**WHAT YOU WILL DO:** Report back every line below that carries the word "false".
===== DATA =====
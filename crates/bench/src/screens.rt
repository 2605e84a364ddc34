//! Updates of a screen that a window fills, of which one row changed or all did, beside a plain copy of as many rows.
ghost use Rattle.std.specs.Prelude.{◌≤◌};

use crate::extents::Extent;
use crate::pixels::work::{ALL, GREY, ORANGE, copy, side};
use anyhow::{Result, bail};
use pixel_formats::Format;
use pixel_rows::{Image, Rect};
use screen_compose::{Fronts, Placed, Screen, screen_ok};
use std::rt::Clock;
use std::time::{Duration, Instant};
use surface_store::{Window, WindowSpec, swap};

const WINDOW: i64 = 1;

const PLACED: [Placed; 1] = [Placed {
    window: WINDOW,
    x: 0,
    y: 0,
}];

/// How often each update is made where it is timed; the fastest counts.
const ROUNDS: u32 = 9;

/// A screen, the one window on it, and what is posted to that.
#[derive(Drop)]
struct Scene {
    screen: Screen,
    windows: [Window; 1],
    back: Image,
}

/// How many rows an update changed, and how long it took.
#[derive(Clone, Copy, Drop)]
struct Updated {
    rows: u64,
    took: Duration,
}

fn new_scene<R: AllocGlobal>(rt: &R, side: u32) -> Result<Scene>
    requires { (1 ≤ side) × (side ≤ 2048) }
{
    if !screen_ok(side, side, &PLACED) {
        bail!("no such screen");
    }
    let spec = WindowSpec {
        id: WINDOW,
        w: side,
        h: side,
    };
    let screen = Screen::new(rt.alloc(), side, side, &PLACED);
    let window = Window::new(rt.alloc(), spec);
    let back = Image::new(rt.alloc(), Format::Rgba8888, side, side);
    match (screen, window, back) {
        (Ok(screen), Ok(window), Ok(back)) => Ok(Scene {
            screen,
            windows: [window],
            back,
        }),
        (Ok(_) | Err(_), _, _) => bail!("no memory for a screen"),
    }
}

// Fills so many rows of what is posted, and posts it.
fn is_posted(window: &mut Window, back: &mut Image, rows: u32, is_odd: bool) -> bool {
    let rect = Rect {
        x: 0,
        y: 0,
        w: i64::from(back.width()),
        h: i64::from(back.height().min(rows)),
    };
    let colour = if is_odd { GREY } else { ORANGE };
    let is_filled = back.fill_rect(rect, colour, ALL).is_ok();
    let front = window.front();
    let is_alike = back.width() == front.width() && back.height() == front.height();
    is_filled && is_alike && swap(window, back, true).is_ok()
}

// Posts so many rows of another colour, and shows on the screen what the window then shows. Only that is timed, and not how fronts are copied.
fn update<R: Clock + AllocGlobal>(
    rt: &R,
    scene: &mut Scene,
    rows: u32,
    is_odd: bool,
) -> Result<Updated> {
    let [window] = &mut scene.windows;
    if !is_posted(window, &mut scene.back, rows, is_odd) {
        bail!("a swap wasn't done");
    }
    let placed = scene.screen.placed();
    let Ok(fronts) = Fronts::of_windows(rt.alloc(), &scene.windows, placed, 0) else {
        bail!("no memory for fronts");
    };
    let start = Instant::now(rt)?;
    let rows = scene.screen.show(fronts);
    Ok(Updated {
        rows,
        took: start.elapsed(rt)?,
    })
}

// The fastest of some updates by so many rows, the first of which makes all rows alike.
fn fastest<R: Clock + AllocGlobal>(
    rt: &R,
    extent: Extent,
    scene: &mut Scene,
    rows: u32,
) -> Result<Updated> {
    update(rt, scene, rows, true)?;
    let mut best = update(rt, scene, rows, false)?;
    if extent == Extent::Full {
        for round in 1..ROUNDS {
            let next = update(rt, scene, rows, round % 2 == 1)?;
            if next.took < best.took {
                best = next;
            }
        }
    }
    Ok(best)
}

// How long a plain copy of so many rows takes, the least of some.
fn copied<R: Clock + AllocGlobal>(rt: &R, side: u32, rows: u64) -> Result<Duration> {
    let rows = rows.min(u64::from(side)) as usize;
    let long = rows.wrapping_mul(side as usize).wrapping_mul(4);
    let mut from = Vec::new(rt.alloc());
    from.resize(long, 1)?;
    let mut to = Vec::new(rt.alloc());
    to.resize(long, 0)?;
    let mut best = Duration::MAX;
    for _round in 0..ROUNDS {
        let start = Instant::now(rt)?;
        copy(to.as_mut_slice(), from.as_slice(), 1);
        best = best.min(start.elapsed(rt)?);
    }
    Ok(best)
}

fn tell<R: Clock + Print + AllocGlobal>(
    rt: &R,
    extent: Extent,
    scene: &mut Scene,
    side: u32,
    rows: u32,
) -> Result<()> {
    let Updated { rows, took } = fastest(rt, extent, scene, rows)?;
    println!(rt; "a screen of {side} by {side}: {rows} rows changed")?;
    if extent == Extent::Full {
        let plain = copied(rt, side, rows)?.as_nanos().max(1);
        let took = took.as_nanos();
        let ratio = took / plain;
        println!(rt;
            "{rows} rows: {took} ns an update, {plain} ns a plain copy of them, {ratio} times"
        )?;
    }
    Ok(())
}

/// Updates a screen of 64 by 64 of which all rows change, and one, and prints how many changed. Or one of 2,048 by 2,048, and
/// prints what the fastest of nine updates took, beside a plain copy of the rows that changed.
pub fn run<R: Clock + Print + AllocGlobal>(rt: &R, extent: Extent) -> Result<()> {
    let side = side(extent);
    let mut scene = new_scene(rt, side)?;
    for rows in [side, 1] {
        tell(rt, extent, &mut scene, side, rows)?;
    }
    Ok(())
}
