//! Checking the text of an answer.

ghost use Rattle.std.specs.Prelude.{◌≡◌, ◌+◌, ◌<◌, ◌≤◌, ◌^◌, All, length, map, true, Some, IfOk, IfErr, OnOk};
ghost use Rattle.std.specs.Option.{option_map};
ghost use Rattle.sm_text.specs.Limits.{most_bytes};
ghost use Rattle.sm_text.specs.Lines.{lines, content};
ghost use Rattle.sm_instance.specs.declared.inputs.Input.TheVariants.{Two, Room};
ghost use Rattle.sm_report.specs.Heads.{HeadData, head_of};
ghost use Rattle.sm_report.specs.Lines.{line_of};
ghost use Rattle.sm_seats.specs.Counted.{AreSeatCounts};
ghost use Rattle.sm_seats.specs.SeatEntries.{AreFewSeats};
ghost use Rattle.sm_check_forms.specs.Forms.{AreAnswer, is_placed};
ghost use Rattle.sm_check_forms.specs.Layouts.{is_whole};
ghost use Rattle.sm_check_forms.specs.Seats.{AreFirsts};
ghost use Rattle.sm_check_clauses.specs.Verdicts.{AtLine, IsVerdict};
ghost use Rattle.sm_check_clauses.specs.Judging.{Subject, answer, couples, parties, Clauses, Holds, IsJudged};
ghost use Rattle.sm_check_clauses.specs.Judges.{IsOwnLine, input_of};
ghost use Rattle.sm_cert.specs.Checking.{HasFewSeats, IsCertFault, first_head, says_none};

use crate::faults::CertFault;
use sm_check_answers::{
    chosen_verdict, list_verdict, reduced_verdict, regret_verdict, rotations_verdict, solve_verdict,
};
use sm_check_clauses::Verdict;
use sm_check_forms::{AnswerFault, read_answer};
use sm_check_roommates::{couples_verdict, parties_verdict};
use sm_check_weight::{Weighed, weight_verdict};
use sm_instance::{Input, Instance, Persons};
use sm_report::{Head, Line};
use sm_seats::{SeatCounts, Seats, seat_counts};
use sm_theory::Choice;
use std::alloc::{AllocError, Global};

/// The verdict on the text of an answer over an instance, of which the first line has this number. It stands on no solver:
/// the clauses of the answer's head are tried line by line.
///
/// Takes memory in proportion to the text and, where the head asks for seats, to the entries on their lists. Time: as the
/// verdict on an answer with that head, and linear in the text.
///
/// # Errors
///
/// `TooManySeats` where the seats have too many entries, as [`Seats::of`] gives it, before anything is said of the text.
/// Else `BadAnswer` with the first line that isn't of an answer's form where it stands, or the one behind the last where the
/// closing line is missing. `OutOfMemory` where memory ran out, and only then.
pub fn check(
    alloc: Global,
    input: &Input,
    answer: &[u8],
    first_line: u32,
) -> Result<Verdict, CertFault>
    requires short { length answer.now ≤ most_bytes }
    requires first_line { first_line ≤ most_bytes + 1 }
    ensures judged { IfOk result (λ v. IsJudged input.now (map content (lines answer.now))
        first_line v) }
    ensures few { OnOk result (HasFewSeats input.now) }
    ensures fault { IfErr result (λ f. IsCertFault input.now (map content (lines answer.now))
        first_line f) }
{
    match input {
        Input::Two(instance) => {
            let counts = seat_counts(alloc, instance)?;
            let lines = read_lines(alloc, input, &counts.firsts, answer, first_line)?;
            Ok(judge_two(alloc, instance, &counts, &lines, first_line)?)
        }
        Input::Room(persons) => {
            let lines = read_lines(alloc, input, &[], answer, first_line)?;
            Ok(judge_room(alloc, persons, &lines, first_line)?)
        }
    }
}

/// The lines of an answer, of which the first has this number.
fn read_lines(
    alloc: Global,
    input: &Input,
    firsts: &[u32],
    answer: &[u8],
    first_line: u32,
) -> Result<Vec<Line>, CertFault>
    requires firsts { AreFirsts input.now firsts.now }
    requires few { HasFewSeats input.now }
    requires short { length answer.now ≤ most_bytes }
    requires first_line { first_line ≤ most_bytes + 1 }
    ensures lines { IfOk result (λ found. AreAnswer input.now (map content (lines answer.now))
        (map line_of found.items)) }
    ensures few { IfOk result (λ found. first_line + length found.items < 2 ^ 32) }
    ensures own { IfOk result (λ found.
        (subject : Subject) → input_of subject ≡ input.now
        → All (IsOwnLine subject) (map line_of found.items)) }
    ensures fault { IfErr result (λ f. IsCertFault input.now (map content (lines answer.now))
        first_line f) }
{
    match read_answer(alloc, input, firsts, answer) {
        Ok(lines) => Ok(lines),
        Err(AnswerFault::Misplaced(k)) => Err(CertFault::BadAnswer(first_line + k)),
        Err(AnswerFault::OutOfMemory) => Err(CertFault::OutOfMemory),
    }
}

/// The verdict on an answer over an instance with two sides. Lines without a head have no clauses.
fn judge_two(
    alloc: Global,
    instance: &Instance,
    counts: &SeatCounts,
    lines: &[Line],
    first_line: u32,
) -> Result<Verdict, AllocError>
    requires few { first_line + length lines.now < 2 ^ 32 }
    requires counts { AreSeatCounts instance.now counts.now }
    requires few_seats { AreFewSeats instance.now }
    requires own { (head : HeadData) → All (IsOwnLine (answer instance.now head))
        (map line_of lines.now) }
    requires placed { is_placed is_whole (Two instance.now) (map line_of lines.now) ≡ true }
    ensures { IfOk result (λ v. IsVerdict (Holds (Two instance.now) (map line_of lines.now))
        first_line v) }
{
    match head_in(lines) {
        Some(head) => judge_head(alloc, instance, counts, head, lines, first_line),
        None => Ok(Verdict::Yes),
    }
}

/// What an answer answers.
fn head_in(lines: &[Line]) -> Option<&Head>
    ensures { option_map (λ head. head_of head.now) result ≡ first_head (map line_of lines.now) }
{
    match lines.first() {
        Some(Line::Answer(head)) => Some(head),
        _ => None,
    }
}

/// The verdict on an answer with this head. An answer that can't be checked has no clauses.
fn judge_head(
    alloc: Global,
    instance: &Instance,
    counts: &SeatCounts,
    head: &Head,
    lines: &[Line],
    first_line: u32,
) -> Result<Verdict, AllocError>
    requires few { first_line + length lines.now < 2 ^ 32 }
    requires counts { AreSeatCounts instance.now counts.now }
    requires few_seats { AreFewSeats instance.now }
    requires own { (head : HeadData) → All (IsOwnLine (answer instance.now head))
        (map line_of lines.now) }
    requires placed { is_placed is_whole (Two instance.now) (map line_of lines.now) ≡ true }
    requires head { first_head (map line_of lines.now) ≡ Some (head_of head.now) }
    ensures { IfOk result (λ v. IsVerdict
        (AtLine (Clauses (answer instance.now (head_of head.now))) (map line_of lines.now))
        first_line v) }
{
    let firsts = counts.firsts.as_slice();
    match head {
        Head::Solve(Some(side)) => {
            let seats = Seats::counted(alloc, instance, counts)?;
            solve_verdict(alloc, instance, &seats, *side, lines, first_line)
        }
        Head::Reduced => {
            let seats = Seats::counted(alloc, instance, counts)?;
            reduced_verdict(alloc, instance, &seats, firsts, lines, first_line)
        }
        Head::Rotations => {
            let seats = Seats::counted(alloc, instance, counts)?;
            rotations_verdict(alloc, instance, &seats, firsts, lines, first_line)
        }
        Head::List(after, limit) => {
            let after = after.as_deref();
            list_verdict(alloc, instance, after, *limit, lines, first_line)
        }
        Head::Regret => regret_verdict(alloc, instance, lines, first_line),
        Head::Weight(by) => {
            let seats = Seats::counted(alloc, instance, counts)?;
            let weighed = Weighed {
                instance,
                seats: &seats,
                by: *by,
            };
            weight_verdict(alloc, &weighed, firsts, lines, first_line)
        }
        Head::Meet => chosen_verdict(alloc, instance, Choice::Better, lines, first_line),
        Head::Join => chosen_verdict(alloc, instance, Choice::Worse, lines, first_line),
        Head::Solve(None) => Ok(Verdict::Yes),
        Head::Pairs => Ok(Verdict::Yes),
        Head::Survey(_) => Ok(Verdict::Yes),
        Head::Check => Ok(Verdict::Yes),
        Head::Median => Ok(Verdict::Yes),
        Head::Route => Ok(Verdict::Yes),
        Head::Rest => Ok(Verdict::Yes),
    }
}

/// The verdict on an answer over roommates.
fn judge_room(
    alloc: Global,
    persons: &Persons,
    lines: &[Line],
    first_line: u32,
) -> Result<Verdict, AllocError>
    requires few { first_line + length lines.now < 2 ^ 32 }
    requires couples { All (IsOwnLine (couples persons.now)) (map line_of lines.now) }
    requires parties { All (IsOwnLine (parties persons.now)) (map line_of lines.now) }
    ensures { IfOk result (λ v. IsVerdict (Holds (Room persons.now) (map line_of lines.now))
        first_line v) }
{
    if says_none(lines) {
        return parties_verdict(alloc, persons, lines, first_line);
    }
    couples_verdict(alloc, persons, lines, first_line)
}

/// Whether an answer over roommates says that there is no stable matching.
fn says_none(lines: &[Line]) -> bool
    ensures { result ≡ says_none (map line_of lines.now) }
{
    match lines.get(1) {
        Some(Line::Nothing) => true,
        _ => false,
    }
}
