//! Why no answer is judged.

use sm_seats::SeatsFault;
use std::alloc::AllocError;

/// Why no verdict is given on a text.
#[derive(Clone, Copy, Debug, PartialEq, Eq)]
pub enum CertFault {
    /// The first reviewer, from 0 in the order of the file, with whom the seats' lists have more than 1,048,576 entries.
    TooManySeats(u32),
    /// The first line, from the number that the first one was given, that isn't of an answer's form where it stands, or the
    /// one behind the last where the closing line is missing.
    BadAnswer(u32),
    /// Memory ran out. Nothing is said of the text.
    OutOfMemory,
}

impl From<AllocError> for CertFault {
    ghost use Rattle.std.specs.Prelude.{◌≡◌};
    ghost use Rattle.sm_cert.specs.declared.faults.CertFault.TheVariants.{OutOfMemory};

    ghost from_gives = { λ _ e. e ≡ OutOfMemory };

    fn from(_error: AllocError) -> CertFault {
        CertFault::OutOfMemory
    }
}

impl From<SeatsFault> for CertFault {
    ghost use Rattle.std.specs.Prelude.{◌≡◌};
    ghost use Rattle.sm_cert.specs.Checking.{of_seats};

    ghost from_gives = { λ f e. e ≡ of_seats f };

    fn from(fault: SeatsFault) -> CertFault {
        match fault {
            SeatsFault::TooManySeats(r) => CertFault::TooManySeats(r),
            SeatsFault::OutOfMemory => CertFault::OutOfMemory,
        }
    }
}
=====
**TASK ANSWER:**
    let mut best = update(rt, scene, rows, false)?;
        _ => false,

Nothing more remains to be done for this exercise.